* _TASK DIRECTIONS_: Search the records that follow and extract every line containing the string "IsQueued".

━━ THE DATA

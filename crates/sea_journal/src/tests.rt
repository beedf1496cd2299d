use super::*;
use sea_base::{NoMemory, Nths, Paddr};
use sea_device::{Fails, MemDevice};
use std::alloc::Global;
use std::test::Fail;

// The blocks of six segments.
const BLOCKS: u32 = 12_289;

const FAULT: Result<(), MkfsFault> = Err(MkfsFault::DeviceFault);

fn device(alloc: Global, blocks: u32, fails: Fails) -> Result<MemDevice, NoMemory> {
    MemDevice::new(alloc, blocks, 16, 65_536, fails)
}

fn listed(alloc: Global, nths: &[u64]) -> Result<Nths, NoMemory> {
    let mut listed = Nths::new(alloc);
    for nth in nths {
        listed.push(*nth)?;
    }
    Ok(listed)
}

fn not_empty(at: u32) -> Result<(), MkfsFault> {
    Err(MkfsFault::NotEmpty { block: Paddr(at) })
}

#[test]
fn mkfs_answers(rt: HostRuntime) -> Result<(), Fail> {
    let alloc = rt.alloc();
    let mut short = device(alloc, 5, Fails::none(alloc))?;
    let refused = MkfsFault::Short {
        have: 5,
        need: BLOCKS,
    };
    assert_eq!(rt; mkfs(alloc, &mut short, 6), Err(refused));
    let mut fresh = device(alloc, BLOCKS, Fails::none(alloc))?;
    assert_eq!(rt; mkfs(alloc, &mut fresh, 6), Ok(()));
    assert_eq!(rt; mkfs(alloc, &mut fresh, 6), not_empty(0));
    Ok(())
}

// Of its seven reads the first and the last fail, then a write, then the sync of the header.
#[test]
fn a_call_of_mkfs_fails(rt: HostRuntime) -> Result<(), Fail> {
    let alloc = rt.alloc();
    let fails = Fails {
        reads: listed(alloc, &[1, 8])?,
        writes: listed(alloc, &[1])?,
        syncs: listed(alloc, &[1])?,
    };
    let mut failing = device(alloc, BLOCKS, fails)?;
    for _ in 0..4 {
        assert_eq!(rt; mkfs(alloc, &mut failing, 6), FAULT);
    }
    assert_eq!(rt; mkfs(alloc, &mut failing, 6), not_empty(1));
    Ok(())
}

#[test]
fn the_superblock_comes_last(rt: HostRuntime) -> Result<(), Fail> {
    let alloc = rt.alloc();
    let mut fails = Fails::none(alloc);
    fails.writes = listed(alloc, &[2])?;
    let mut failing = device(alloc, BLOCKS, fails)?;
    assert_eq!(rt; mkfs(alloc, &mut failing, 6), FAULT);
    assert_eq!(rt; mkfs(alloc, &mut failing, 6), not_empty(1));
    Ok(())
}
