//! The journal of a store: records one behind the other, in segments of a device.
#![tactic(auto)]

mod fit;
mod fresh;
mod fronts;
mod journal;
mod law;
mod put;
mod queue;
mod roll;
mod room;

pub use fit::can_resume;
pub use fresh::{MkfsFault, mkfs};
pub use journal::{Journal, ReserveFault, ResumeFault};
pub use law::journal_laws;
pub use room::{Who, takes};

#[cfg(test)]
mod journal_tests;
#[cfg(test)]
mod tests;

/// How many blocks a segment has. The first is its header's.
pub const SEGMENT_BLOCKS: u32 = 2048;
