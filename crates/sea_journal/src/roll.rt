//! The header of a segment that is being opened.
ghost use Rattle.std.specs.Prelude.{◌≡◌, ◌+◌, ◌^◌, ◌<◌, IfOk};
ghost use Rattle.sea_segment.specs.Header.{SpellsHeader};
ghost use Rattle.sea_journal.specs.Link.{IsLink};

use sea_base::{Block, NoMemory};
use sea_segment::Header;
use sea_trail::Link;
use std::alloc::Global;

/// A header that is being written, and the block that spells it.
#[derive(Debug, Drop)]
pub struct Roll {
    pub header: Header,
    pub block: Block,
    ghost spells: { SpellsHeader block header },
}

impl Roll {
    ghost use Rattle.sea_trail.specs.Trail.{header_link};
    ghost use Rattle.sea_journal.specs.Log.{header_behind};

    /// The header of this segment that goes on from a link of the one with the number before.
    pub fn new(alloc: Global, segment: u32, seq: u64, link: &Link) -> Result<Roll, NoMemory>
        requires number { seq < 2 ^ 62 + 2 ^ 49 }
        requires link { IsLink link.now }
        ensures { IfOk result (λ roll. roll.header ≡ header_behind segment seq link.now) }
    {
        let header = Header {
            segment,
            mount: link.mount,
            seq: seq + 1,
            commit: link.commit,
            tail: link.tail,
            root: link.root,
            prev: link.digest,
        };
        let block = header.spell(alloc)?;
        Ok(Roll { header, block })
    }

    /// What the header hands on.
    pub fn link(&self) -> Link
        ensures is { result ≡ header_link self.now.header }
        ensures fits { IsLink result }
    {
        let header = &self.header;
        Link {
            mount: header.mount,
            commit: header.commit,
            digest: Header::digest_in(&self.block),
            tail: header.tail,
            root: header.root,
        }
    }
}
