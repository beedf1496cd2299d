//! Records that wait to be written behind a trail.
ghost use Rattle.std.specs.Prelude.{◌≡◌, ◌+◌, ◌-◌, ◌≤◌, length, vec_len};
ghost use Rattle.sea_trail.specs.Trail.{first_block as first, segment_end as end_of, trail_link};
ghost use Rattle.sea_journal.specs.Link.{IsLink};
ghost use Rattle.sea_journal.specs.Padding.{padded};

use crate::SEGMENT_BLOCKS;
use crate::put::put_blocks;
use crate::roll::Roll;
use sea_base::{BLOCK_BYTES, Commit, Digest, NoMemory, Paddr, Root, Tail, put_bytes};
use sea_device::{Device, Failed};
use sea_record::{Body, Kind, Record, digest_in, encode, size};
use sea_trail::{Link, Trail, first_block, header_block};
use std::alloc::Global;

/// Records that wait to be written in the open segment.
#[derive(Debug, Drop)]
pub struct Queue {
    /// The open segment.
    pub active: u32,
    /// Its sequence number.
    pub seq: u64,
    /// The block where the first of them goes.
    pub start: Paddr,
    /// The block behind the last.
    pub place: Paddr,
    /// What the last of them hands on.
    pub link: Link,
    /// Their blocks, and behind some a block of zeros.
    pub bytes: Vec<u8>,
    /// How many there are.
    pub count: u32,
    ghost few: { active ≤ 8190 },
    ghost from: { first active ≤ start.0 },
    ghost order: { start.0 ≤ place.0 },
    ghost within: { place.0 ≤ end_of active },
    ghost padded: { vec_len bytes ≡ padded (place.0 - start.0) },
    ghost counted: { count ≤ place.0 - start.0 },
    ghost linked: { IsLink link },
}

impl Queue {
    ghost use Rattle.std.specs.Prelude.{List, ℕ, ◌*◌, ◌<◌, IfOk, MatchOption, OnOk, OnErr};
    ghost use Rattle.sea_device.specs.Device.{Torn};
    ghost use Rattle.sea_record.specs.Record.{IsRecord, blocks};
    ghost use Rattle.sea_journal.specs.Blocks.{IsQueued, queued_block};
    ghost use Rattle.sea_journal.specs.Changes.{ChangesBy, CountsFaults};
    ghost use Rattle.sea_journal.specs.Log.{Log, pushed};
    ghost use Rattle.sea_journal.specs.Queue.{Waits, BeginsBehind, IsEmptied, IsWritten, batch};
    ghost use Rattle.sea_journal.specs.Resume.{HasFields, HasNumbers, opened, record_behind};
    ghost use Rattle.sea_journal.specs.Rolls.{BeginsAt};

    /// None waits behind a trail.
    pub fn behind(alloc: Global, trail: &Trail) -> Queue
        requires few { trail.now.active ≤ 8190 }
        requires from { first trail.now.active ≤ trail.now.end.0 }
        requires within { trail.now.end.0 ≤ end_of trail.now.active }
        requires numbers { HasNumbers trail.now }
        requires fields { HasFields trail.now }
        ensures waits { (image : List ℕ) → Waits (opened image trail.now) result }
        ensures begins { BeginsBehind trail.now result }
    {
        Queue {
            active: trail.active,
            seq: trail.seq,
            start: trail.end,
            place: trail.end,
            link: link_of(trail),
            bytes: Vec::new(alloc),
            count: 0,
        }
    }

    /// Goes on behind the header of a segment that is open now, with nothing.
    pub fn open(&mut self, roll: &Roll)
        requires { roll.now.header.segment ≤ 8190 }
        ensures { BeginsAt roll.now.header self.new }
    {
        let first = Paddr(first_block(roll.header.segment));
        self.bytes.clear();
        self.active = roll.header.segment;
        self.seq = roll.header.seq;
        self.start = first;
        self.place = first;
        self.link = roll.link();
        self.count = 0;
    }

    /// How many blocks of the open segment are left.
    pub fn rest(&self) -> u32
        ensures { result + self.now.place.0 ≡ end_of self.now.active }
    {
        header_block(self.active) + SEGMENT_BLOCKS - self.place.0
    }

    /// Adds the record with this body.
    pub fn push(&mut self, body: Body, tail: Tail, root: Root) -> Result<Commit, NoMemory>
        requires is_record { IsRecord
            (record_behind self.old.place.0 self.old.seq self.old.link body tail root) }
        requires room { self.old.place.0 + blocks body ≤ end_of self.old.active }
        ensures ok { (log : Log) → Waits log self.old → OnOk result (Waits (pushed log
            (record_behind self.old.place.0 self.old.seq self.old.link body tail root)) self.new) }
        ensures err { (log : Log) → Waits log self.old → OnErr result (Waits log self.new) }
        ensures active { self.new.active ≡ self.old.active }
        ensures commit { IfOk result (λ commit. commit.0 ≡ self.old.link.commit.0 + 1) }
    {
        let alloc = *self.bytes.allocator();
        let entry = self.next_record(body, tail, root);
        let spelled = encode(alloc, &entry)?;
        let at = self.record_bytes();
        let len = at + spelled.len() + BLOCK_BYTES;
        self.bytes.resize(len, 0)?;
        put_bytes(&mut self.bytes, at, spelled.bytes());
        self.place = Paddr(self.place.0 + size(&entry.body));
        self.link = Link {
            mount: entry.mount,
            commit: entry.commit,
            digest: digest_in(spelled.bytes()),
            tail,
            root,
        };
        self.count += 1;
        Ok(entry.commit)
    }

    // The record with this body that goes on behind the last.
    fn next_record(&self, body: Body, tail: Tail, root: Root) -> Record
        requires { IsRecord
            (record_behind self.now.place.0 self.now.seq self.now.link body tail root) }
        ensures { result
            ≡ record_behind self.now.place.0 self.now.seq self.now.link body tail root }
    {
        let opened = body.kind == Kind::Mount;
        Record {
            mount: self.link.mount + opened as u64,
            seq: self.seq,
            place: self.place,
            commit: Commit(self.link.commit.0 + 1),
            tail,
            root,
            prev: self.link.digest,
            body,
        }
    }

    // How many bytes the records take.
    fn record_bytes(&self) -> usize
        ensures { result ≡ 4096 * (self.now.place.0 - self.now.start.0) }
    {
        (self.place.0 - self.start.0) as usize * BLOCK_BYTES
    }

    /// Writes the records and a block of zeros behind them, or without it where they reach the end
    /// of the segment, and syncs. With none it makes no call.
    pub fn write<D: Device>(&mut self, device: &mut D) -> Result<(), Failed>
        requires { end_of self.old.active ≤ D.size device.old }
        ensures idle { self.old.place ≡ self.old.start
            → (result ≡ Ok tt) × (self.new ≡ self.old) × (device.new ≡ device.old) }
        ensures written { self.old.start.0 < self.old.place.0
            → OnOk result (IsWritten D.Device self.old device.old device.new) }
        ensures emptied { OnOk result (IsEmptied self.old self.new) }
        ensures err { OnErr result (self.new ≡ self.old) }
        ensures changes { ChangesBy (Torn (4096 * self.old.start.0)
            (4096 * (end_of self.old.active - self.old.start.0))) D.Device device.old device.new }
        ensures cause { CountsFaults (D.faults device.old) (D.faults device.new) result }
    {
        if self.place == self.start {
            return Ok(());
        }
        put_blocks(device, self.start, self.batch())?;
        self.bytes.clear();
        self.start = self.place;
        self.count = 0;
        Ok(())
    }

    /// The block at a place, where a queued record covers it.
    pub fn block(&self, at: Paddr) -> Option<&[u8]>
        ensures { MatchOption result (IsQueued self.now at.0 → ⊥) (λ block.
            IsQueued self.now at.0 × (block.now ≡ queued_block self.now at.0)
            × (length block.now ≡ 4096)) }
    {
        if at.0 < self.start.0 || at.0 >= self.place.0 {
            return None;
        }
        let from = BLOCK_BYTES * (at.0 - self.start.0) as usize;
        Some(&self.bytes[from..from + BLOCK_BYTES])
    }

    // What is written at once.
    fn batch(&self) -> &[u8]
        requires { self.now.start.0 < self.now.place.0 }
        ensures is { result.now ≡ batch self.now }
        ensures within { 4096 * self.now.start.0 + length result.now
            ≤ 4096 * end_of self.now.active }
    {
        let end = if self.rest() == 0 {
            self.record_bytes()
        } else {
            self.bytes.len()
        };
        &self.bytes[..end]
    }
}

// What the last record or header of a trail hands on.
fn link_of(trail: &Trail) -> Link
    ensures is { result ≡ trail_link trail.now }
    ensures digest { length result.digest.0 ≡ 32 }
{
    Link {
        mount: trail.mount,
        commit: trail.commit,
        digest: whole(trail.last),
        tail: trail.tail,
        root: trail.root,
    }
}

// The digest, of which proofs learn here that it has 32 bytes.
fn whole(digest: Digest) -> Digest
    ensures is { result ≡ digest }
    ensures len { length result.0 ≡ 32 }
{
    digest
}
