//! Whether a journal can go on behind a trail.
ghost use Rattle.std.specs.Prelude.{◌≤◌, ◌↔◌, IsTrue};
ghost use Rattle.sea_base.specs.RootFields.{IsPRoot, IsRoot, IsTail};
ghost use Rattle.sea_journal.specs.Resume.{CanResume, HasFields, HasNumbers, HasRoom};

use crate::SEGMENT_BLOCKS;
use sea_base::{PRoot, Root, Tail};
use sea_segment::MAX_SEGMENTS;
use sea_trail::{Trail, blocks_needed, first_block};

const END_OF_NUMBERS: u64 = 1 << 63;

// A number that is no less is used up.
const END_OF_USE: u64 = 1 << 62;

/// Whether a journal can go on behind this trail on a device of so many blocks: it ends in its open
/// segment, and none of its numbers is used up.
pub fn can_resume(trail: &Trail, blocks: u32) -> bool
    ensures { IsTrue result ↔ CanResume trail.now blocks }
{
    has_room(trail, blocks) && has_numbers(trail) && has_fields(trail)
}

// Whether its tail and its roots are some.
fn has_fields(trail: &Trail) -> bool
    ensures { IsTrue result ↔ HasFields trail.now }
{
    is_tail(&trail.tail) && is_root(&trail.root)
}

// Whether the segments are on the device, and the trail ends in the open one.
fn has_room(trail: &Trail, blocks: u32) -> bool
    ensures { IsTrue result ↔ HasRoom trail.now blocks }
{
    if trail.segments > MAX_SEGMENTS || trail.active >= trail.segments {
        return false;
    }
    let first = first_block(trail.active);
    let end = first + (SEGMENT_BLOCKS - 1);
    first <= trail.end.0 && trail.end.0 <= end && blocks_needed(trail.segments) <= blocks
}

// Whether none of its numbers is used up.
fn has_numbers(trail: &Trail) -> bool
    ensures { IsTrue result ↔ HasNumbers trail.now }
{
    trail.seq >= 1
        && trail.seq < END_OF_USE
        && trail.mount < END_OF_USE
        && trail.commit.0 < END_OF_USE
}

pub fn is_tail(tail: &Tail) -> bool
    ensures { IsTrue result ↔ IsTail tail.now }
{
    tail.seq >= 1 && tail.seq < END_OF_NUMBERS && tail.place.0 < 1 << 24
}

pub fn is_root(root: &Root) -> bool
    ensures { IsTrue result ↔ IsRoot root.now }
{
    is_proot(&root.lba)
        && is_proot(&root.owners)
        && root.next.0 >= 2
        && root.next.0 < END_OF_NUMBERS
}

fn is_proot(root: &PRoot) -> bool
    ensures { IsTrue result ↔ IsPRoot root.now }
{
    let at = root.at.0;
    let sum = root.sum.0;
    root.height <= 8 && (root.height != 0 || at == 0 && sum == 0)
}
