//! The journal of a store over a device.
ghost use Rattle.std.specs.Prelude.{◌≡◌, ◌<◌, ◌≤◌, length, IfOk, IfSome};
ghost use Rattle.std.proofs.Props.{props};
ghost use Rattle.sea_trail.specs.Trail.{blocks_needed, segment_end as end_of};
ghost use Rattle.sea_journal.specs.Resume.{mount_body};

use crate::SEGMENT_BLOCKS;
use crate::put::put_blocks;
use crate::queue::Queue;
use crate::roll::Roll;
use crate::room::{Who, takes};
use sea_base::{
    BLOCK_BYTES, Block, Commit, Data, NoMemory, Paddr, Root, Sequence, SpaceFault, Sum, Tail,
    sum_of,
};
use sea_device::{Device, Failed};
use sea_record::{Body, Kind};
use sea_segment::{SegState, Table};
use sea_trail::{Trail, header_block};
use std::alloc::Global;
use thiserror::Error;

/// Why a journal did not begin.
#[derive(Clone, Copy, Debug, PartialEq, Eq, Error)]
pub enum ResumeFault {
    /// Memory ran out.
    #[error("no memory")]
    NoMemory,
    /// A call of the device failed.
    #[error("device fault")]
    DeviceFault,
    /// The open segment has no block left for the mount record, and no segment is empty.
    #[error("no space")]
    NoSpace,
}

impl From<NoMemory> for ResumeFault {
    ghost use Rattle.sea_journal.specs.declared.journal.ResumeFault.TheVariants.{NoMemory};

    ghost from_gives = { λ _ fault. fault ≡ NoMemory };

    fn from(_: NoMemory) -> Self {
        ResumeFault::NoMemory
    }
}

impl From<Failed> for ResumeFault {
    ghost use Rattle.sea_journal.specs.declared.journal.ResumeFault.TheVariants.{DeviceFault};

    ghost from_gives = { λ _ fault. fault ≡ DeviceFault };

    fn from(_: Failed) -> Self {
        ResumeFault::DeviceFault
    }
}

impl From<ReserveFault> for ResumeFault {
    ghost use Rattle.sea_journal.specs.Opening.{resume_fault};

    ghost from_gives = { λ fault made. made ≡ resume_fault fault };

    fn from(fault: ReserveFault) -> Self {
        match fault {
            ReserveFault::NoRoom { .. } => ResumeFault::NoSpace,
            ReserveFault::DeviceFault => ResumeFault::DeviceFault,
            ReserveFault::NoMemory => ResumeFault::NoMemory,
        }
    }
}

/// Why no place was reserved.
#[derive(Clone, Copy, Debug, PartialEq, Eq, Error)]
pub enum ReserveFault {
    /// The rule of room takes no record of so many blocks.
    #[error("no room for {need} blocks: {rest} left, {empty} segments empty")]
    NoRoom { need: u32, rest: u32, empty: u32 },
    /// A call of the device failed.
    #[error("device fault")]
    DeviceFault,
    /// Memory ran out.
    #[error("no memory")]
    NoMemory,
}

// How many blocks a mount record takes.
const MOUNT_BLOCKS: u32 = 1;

━━━━

* _SOLUTION FOR THIS PROBLEM_:
    ghost use Rattle.sea_journal.specs.Blocks.{IsQueued, queued_block};
        ensures { MatchOption result (IsQueued self.now at.0 → ⊥) (λ block.
            IsQueued self.now at.0 × (block.now ≡ queued_block self.now at.0)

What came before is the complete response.